Incorporating Topic Information in a Global Feature Selection Schema for Authorship Attribution


Creative Commons License

Agun H. V., YILMAZEL Ö.

IEEE ACCESS, cilt.7, ss.98522-98529, 2019 (SCI-Expanded) identifier identifier

  • Yayın Türü: Makale / Tam Makale
  • Cilt numarası: 7
  • Basım Tarihi: 2019
  • Doi Numarası: 10.1109/access.2019.2930536
  • Dergi Adı: IEEE ACCESS
  • Derginin Tarandığı İndeksler: Science Citation Index Expanded (SCI-EXPANDED), Scopus
  • Sayfa Sayıları: ss.98522-98529
  • Anahtar Kelimeler: Authorship attribution, feature selection, text classification
  • Anadolu Üniversitesi Adresli: Evet

Özet

Authorship attribution (AA) is a stylometric analysis task of finding the author of an anonymous/disputed text document. In AA, the performance improvement of class-based feature selection schemas, such as Chi-square, and Gini index over frequency-based feature selection schemas, such as document frequency, common n-grams, and inverted document frequency has been shown to be limited. In AA, the feature selection process is significantly affected by topic distributions.
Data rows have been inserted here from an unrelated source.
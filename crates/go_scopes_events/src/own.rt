//! What a node tells by itself.

ghost use Rattle.std.specs.Prelude.{◌≡◌, ◌<◌, ◌++◌, ◌∷◌, [], IfOk, OnOk, false, true};
ghost use Rattle.go_grammar.specs.Trees.{kind_of, first, last, parts};
ghost use Rattle.go_tree.specs.Views.{view, views};
ghost use Rattle.go_tree.specs.declared.event.Event.TheVariants as event;
ghost use Rattle.go_tree.specs.Shortened.{is_looked_up};
ghost use Rattle.go_tree.specs.Events.{declared, used, parameter_declared, parameter_events, name_events, function_declared, function_events, declaration_events, type_declared, misplaced, is_default, default_events, second_defaults, own_events, statement_events};

use crate::enter::{has_part, scope_from};
use go_grammar::kind::{Kind, Sort};
use go_tree::context::{Block, Context, Entity, Manner, Naming, Role, Scope};
use go_tree::event::{Declaration, Event, Member, Use};
use go_tree::lookup::{LookupRole, LookupSite};
use go_tree::node::Node;
use std::alloc::AllocError;

/// Puts an event behind the others.
fn push(event: Event, out: &mut Vec<Event>) -> Result<(), AllocError>
    ensures { OnOk result (out.new.items ≡ out.old.items ++ event ∷ []) }
{
    out.push(event)?;
    Ok(())
}

/// A field, key or parameter of a group.
fn member(member: Member, group: u32, name: u32) -> Event
    ensures { result ≡ event.Member member group name }
{
    Event::Member {
        member,
        group,
        name,
    }
}

/// The number of a column in 32 bits; a larger one counts as want of memory.
fn short_column(column: usize) -> Result<u32, AllocError>
    ensures { IfOk result (λ n. n ≡ column) }
{
    u32::try_from(column).map_err(|_| AllocError)
}

/// The declaration of a name.
fn declared(context: &Context, name: u32, naming: Naming) -> Result<Event, AllocError>
    ensures { IfOk result (λ e. e ≡ declared context.now name naming) }
{
    Ok(Event::Declaration(Declaration {
        name,
        entity: naming.entity,
        manner: naming.manner,
        block: context.block,
        scope: naming.scope,
        statement: naming.statement,
        source: naming.source,
        column: short_column(context.column)?,
    }))
}

/// The use of a name, which is looked up.
fn used(context: &Context, name: u32) -> Result<Event, AllocError>
    requires { is_looked_up context.now.role ≡ true }
    ensures { IfOk result (λ e. e ≡ used context.now name) }
{
    Ok(Event::Use(Use {
        name,
        role: LookupRole::of(context.role),
        site: LookupSite::of(context.site).ok_or(AllocError)?,
        constant: context.constant,
        initial: context.initial,
    }))
}

/// The declaration of a parameter: in the block of the body.
fn parameter_declared(name: u32, scope: Scope) -> Event
    ensures { result ≡ parameter_declared name scope }
{
    Event::Declaration(Declaration {
        name,
        entity: Entity::Parameter,
        manner: Manner::Declared,
        block: Block::Local(scope.from),
        scope,
        statement: name,
        source: None,
        column: 0,
    })
}

/// Puts what a parameter's name tells behind the others.
fn push_parameter(
    group: u32,
    name: u32,
    scope: Option<Scope>,
    out: &mut Vec<Event>,
) -> Result<(), AllocError>
    ensures { OnOk result (out.new.items ≡ out.old.items ++ parameter_events group name scope) }
{
    push(member(Member::Parameter, group, name), out)?;
    match scope {
        Some(scope) => push(parameter_declared(name, scope), out),
        None => Ok(()),
    }
}

/// Puts what a name tells behind the others, by what it is for.
fn push_name(context: &Context, name: u32, out: &mut Vec<Event>) -> Result<(), AllocError>
    ensures { OnOk result (out.new.items ≡ out.old.items ++ name_events context.now name context.now.role) }
{
    match context.role {
        Role::New(naming) => push(declared(context, name, naming)?, out),
        Role::Field { group } => push(member(Member::Field, group, name), out),
        Role::Key { group } => push(member(Member::Key, group, name), out),
        Role::Parameter { group, scope } => push_parameter(group, name, scope, out),
        Role::Operand | Role::Assigned | Role::Called | Role::Selected { .. } => {
            push(used(context, name)?, out)
        }
    }
}

/// The declaration of a function: its name is the token behind the first one, and it is in scope in the whole package.
fn function_declared(first: u32, last: u32) -> Event
    requires { first < last }
    ensures { result ≡ function_declared first last }
{
    Event::Declaration(Declaration {
        name: first + 1,
        entity: Entity::Function,
        manner: Manner::Declared,
        block: Block::Package,
        scope: Scope {
            from: first,
            to: last,
        },
        statement: first,
        source: Some(first),
        column: 0,
    })
}

/// Puts what a function tells behind the others.
fn push_function(first: u32, last: u32, body: bool, out: &mut Vec<Event>) -> Result<(), AllocError>
    requires { first < last }
    ensures { OnOk result (out.new.items ≡ out.old.items ++ function_events first last body) }
{
    push(function_declared(first, last), out)?;
    if body {
        return Ok(());
    }
    push(Event::Bodiless { first, last }, out)
}

/// Puts what a function with tokens tells behind the others.
fn push_function_of(node: &Node, out: &mut Vec<Event>) -> Result<(), AllocError>
    ensures { OnOk result (out.new.items ≡ out.old.items ++ declaration_events (first (view node.now)) (last (view node.now)) (parts (view node.now))) }
{
    let first = node.first();
    let last = node.last();
    if first < last {
        push_function(first, last, has_part(node, 1), out)
    } else {
        Ok(())
    }
}

/// The declaration of a local type: it is in scope from its name on.
fn type_declared(context: &Context, first: u32) -> Event
    ensures { result ≡ type_declared context.now first }
{
    Event::Declaration(Declaration {
        name: first,
        entity: Entity::Type,
        manner: Manner::Declared,
        block: context.block,
        scope: scope_from(context, first),
        statement: first,
        source: Some(first),
        column: 0,
    })
}

/// Puts a statement behind the others, if it may not stand here.
fn push_misplaced(
    allowed: bool,
    first: u32,
    last: u32,
    out: &mut Vec<Event>,
) -> Result<(), AllocError>
    ensures { OnOk result (out.new.items ≡ out.old.items ++ misplaced allowed first last) }
{
    if allowed {
        return Ok(());
    }
    push(Event::Misplaced { first, last }, out)
}

/// Whether it is a default clause.
fn is_default(kind: Kind) -> bool
    ensures { result ≡ is_default kind }
{
    matches!(kind, Kind::Default)
}

/// Puts a default clause behind the others, if there was one before.
fn push_default(
    default: bool,
    before: bool,
    word: u32,
    out: &mut Vec<Event>,
) -> Result<(), AllocError>
    ensures { OnOk result (out.new.items ≡ out.old.items ++ default_events default before word) }
{
    if default && before {
        return push(Event::SecondDefault { word }, out);
    }
    Ok(())
}

/// Puts the default clauses behind the first one behind the others (Go specification: Switch statements).
fn push_second_defaults(clauses: &[Option<Node>], out: &mut Vec<Event>) -> Result<(), AllocError>
    ensures { OnOk result (out.new.items ≡ out.old.items ++ second_defaults false (views clauses.now)) }
{
    let mut before = false;
    for place in clauses {
        let Some(clause) = place else {
            continue;
        };
        let default = is_default(clause.kind());
        push_default(default, before, clause.first(), out)?;
        before = before || default;
    }
    Ok(())
}

/// Puts what a node tells by itself behind the others.
pub fn push_own(context: &Context, node: &Node, out: &mut Vec<Event>) -> Result<(), AllocError>
    ensures { OnOk result (out.new.items ≡ out.old.items ++ own_events context.now (kind_of (view node.now)) (first (view node.now)) (last (view node.now)) (parts (view node.now))) }
{
    let first = node.first();
    let last = node.last();
    match node.kind() {
        Kind::ImportPath => push(Event::Import { path: first }, out),
        Kind::FunctionDeclaration => push_function_of(node, out),
        Kind::Specification(Sort::Type) => push(type_declared(context, first), out),
        Kind::DeclaredName => push_name(context, first, out),
        Kind::Name => push_name(context, first, out),
        Kind::Switch => push_second_defaults(node.parts(), out),
        Kind::Break => push_misplaced(context.breaks, first, last, out),
        Kind::Continue => push_misplaced(context.continues, first, last, out),
        Kind::Fallthrough => push_misplaced(context.falls, first, last, out),
        _ => Ok(()),
    }
}

/// Puts a node behind the others, if it is a statement of a statement list.
pub fn push_statement(
    listed: bool,
    first: u32,
    last: u32,
    out: &mut Vec<Event>,
) -> Result<(), AllocError>
    ensures { OnOk result (out.new.items ≡ out.old.items ++ statement_events listed first last) }
{
    if listed {
        return push(Event::Statement { first, last }, out);
    }
    Ok(())
}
In this paper, we assess the performance of a global feature selection approach into which the document's topic category is incorporated to scale the existing feature weights. In this approach, the common features of an author among different topics indicate higher relevance for the author and thus have higher weights. On the other hand, features with biased topic distributions are assumed to have high topic relevance and lower weights. In this approach, the global topic measure and the author specific topic measure are combined in order to scale the existing selection weights of the features. The ten-fold cross-validation experiment result on a multi-topic dataset with a random topic distribution indicates that our approach improves the performance of Chi-square, modified Gini index, and common n-grams schemas significantly in the best performing configurations of the classifiers.